The talking heads (media pundits, not David Byrne & Co.) say that the public “needs” to see the affidavit to prove that the Justice Department is acting in good faith. Those talking heads are wrong at best, dishonest at worst.

When Jim Comey announced that he was not going to recommend criminal charges against Hillary, he tarred her reputation without giving her a day in court. Should the DOJ do the same for Trump if he is not indicted? Absent a criminal charge, the affidavit, even with names and national secrets redacted, would do to Trump what Jim Comey did to Hillary. Should the A.G. describe all the things said by informants and all the evidence recovered and then leave the ex-President hanging? Certainly, the DOJ could say about Trump everything Comey said about Hillary. Hillary’s fans didn’t like what Comey did. Why should we expect Trump’s fans to like A.G. Garland doing the same thing to Trump by releasing the meat of the search warrant affidavit?
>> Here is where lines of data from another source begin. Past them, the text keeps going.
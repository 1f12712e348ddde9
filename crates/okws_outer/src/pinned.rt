//! Answers of rows that are found later.

ghost use Rattle.std.specs.Prelude.{◌≡◌, ◌<◌, ℕ, List, Bool, true, length, All};
ghost use Rattle.okws_base.specs.declared.value.Value.{Value as Field};
ghost use Rattle.okws_outer.specs.Keeping.{cell_of};

use okws_base::items::Items;
use okws_base::value::{Row, Value};

/// The answer of a SELECT on the tables as they were when it was pinned. None of its calls takes
/// memory or fails, and no later statement of the keeper changes what they give.
pub trait Pinned {
    /// How many columns the answer has.
    ghost width: { Self → ℕ };

    /// The rows of the answer.
    ghost rows: { Self → List (List Field) };

    /// That the answer was found.
    ghost found: { Self → Bool };

    /// Finds the answer, and tells how many rows it has.
    fn answer(&mut self) -> usize
        ensures count { result ≡ length (rows self.old) }
        ensures found { found self.new ≡ true }
        ensures rows { rows self.new ≡ rows self.old }
        ensures width { width self.new ≡ width self.old }
        ensures wide { All (λ row. length row ≡ width self.old) (rows self.old) };

    /// The value in a row and a column of the answer, once it was found.
    fn value(&self, row: usize, column: usize) -> &Value
        requires found { found self.now ≡ true }
        requires row { row < length (rows self.now) }
        requires column { column < width self.now }
        ensures { result.now ≡ cell_of (rows self.now) row column };

    /// How many columns the answer has.
    fn columns(&self) -> usize
        ensures { result ≡ width self.now };
}

/// An answer that was found when it was pinned: each row has as many values as there are columns.
#[derive(Drop)]
pub struct Listed {
    columns: usize,
    rows: Items<Row>,
    ghost wide: { All (λ row. length row ≡ columns) rows },
}

impl Listed {
    /// The answer of these rows.
    pub fn new(columns: usize, rows: Items<Row>) -> Self
        requires { All (λ row. length row ≡ columns) rows }
        ensures width { ⟦<Listed as Pinned>⟧.width result ≡ columns }
        ensures rows { ⟦<Listed as Pinned>⟧.rows result ≡ rows }
    {
        Listed { columns, rows }
    }
}

impl Pinned for Listed {
    ghost width = { λ p. p.columns };

    ghost rows = { λ p. p.rows };

    ghost found = { λ _. true };

    fn answer(&mut self) -> usize {
        self.rows.as_slice().len()
    }

    fn value(&self, row: usize, column: usize) -> &Value {
        let values = self.rows.as_slice()[row].as_slice();
        &values[column]
    }

    fn columns(&self) -> usize {
        self.columns
    }
}
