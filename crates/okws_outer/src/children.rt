//! The children of a run, which are started and finished.

ghost use Rattle.std.specs.Prelude.{◌≡◌, IfOk, OnErr, true};
ghost use Rattle.okws_outer.specs.Families.{Family, IsNewChild, IsNewLink, with_start, with_end};
ghost use Rattle.okws_outer.specs.Making.{CountsMade};

use crate::child::Child;
use crate::error::MakeError;
use crate::stream::Link;
use okws_base::items::Items;
use okws_base::name::Name;
use std::alloc::Global;

/// A child, by its service and its incarnation.
#[derive(Clone, Copy)]
pub struct ChildName {
    /// The service, by its number.
    pub service: u16,
    /// The incarnation, from 1.
    pub incarnation: u32,
}

/// A child that was started, and its link.
#[derive(Drop)]
pub struct Started<C, L> {
    /// The child.
    pub child: C,
    /// Its standard input and output.
    pub link: L,
}

/// What is told of a child at its start.
#[derive(Drop)]
pub struct ChildStart {
    /// The service that it is to be, by its number.
    pub service: u16,
    /// The incarnation, from 1.
    pub incarnation: u32,
    /// The program and its words.
    pub words: Items<Items<u8>>,
    /// All bytes that it says, where its link told them.
    pub says: Option<Items<u8>>,
    /// How many children had been finished when it was started.
    pub after: usize,
}

/// What is told of a child at its end.
#[derive(Drop)]
pub struct ChildEnd {
    /// The service that it was, by its number.
    pub service: u16,
    /// The incarnation, from 1.
    pub incarnation: u32,
    /// Whether Yes was among its answers before it was stopped.
    pub ended: bool,
    /// The child that the link led to with which it was finished.
    pub whose: Option<ChildName>,
    /// All bytes that came on that link or were to, where it told them.
    pub came: Option<Items<u8>>,
    /// Those of them that were not taken.
    pub left: Option<Items<u8>>,
    /// The bytes that were given to go out on it, where it told them.
    pub given: Option<Items<u8>>,
    /// How many calls of it failed.
    pub faults: u64,
}

/// The children of a run.
pub trait Children {
    /// A child that runs.
    type Child: Child + Drop;

    /// The two pipes of a child.
    type Link: Link + Drop;

    /// What is told of the children. The count of failed starts never falls, and stays at 2^64 - 1
    /// once it is there.
    ghost family: { Self → Family };

    /// Starts a program, whose name and words these are, as an incarnation of a service, which has this name.
    /// Its link leads to it, and over that nothing came or went yet.
    fn start(
        &mut self,
        alloc: Global,
        service: u16,
        name: &Name,
        incarnation: u32,
        words: &[Items<u8>],
    ) -> Result<Started<Self::Child, Self::Link>, MakeError>
        ensures child { IfOk result (λ s. IsNewChild service incarnation (Self.Child.life s.child)) }
        ensures link { IfOk result (λ s. IsNewLink service incarnation (Self.Link.wire s.link)) }
        ensures started { IfOk result (λ s. family self.new ≡ with_start service incarnation words.now (Self.Link.wire s.link) (family self.old)) }
        ensures refused { OnErr result (family self.new ≡ record (family self.old) { faults = (family self.new).faults }) }
        ensures faults { CountsMade (family self.old).faults (family self.new).faults result };

    /// Waits for the end of a child that was stopped, and closes its link. The child is that of this
    /// service and incarnation.
    fn finish(&mut self, service: u16, incarnation: u32, child: Self::Child, link: Self::Link)
        requires service { (Self.Child.life child).service ≡ service }
        requires incarnation { (Self.Child.life child).incarnation ≡ incarnation }
        requires stopped { (Self.Child.life child).stopped ≡ true }
        ensures { family self.new ≡ with_end (Self.Child.life child) (Self.Link.wire link) (family self.old) };

    /// Is told that the service of this name was given up, after so many tries.
    fn give_up(&mut self, name: &Name, tries: u32)
        ensures { family self.new ≡ family self.old };
}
Demands for the full affidavit insist that the DOJ prove its good faith by breaking protocol, which is exactly the wrong thing to do. The DOJ proves its good faith by sticking to protocol. The search was made necessary by Trump’s refusal to turn over documents. The DOJ did not publicize the search; Trump did. The Department wouldn’t have commented on the search if Trumpists hadn’t demanded it do so. Based on the level of redactions approved by the magistrate, I doubt that any part of the affidavit would have been unsealed if Trump hadn’t demanded it be unsealed. He got nothing of substance because good practice and good faith demand that he see nothing of substance, at least not yet.

Should the DOJ blow an informant’s cover because the public “needs to know” that the DOJ had a good reason for the search? One talking head (a guest on Dan Abrams’s radio show) said that the names of the “witnesses” should be released because they will have to testify if there’s a trial. The guy was an ex-US attorney, so he should know better. The warrant may not have been based on testimony of “witnesses”; more likely, it’s based on tips from informants. The tipster who points the cop to the loot is not a “witness” in court. The cop is the witness and the loot is the evidence. The informant’s identity remains confidential. Whether or not the…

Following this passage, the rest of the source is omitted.